**Exercise requirements**
Every line in the data below that includes "Rattle" belongs in the answer, copied as it stands.

»»

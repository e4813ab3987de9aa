// What a salvage takes of a damaged image and what it lists, 02 E8, as definitions (specs/) with their theorems (proofs/): no code.
#![tactic(auto)]
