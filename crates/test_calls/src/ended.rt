//! How a call ended, as a value that can be compared.

use shred::{DispatchError, Fault, StageFault};

/// What ended it, which one, and its code.
pub type Ended = (&'static str, usize, u8);

pub const DONE: Ended = ("done", 0, 0);

/// The code where memory was refused. Nothing in these tests refuses with it.
pub const NO_MEMORY: u8 = 255;

fn code_of(fault: Fault<u8>) -> u8 {
    match fault {
        Fault::Refused(code) => code,
        Fault::OutOfMemory => NO_MEMORY,
    }
}

/// How a dispatcher's call ended.
pub fn ended(answer: Result<(), DispatchError<u8>>) -> Ended {
    match answer {
        Ok(()) => DONE,
        Err(DispatchError::System { id, fault }) => ("system", id.0, code_of(fault)),
        Err(DispatchError::ThreadLocal { index, fault }) => ("thread-local", index, code_of(fault)),
        Err(DispatchError::StageMemory { stage }) => ("memory of stage", stage, NO_MEMORY),
    }
}

/// How a run of a dispatcher ended.
pub fn run_ended(outcome: Result<(), Fault<DispatchError<u8>>>) -> Ended {
    match outcome {
        Ok(()) => DONE,
        Err(Fault::Refused(error)) => ended(Err(error)),
        Err(Fault::OutOfMemory) => ("memory of the run", 0, NO_MEMORY),
    }
}

/// How a stage's call ended.
pub fn stage_ended(answer: Result<(), StageFault<u8>>) -> Ended {
    match answer {
        Ok(()) => DONE,
        Err(StageFault::System { id, fault }) => ("system", id.0, code_of(fault)),
        Err(StageFault::Memory) => ("memory of the stage", 0, NO_MEMORY),
    }
}
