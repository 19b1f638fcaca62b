//! Calls of the library, each for every type of system.

use shred::{OutOfMemory, Stage, StagesBuilder, System, SystemId};
use std::alloc::{AllocError, Global};
use std::fmt::Display;
use test_values::Value;

/// Inserts a system of this number, which depends on these.
pub fn insert<S: System<Value> + Drop>(
    builder: &mut StagesBuilder<Value, S>,
    dependencies: &[SystemId],
    id: usize,
    system: S,
) -> Result<(), OutOfMemory> {
    builder.insert(dependencies, SystemId(id), system)
}

/// The stages of these systems, numbered from 0, which depend on nothing.
pub fn stages_of<S: System<Value> + Drop>(
    alloc: Global,
    systems: Vec<S>,
) -> Result<Vec<Stage<Value, S>>, OutOfMemory> {
    let mut builder = StagesBuilder::new(alloc);
    for (id, system) in systems.into_iter().enumerate() {
        insert(&mut builder, &[], id, system)?;
    }
    Ok(builder.build())
}

/// The text of the error.
pub fn text_of<E: Display>(alloc: Global, error: &E) -> Result<String, AllocError> {
    format!(in alloc; "{error}")
}
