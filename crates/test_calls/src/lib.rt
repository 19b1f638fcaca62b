//! What tests of builders, dispatches and batches share: calls for every type of system, how a call ended, what a system
//! declares, and counts under numbers.
#![tactic(auto)]

pub mod calls;
pub mod counts;
pub mod declared;
pub mod ended;
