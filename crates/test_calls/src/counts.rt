//! Counts under numbers, which systems and controllers of tests change, and the codes with which these refuse.
ghost use Rattle.std.specs.Prelude.{◌≡◌};
ghost use Rattle.shred_table.specs.Id.{id_of};
ghost use Rattle.test_values.specs.Values.{count_kind};

use shred::{Fault, Kind, ResourceId, World};
use test_values::{Count, Value};

/// The id of the count of this number.
pub fn count_id(number: u64) -> ResourceId
    ensures { result ≡ id_of count_kind number }
{
    ResourceId::from_type_id_and_dynamic_id(Kind(0), number)
}

/// Done, or a refusal with the code, where that is not 0.
pub fn answer_of(code: u8) -> Result<(), Fault<u8>> {
    if code == 0 {
        Ok(())
    } else {
        Err(Fault::Refused(code))
    }
}

/// Puts the count there, if there is one.
pub fn put(world: &mut World<Value>, number: u64, count: Option<i64>) -> Result<(), Fault<u8>> {
    match count {
        Some(count) => match world.insert_by_id(count_id(number), Count(count)) {
            Ok(()) => Ok(()),
            Err(_) => Err(Fault::OutOfMemory),
        },
        None => Ok(()),
    }
}

/// The count of this number, where the world holds one.
pub fn count_at(world: &World<Value>, number: u64) -> Option<i64> {
    match world.try_fetch_by_id::<Count>(count_id(number)) {
        Ok(Some(count)) => Some(count.0),
        _ => None,
    }
}
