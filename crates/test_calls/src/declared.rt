//! What a system declares.

use shred::{Kind, ResourceId, RunningTime};
use std::alloc::{AllocError, Global};

/// What a system of a test declares.
#[derive(Clone, Copy)]
pub struct Case {
    pub reads: &'static [u32],
    pub writes: &'static [u32],
    pub time: RunningTime,
}

/// A system that touches nothing.
pub const PLAIN: Case = Case {
    reads: &[],
    writes: &[],
    time: RunningTime::Average,
};

/// The ids of these kinds.
pub fn resources(alloc: Global, kinds: &[u32]) -> Result<Vec<ResourceId>, AllocError> {
    let mut ids = Vec::new(alloc);
    for kind in kinds {
        ids.push(ResourceId::from_type_id(Kind(*kind)))?;
    }
    Ok(ids)
}
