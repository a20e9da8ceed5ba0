//! The pair at a register, and its registers.

ghost use Rattle.std.specs.Prelude.{◌≡◌, ◌+◌};
ghost use Rattle.machine.specs.Pairs.{first_of, pair_at};

use crate::cause::Cause;
use crate::pair::Pair;
use isa::register::Register;

impl Pair {
    /// Question 33: the pair that begins with a register.
    pub(crate) fn at(low: Register) -> Result<Pair, Cause>
        ensures { first_of result ≡ pair_at low.number }
    {
        if low.number < 15 {
            Ok(Pair { low })
        } else {
            Err(Cause::Pair)
        }
    }

    /// The register of the low half.
    pub(crate) fn low(self) -> Register
        ensures { result.number ≡ self.low.number }
    {
        self.low
    }

    /// The register of the high half.
    pub(crate) fn high(self) -> Register
        ensures { result.number ≡ self.low.number + 1 }
    {
        Register {
            number: self.low.number + 1,
        }
    }
}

««

**Result below**
ghost use Rattle.std.specs.Prelude.{◌≡◌};
ghost use Rattle.shred_table.specs.Id.{id_of};
ghost use Rattle.test_values.specs.Values.{count_kind};
ghost use Rattle.std.specs.Prelude.{◌≡◌, ◌+◌};
ghost use Rattle.machine.specs.Pairs.{first_of, pair_at};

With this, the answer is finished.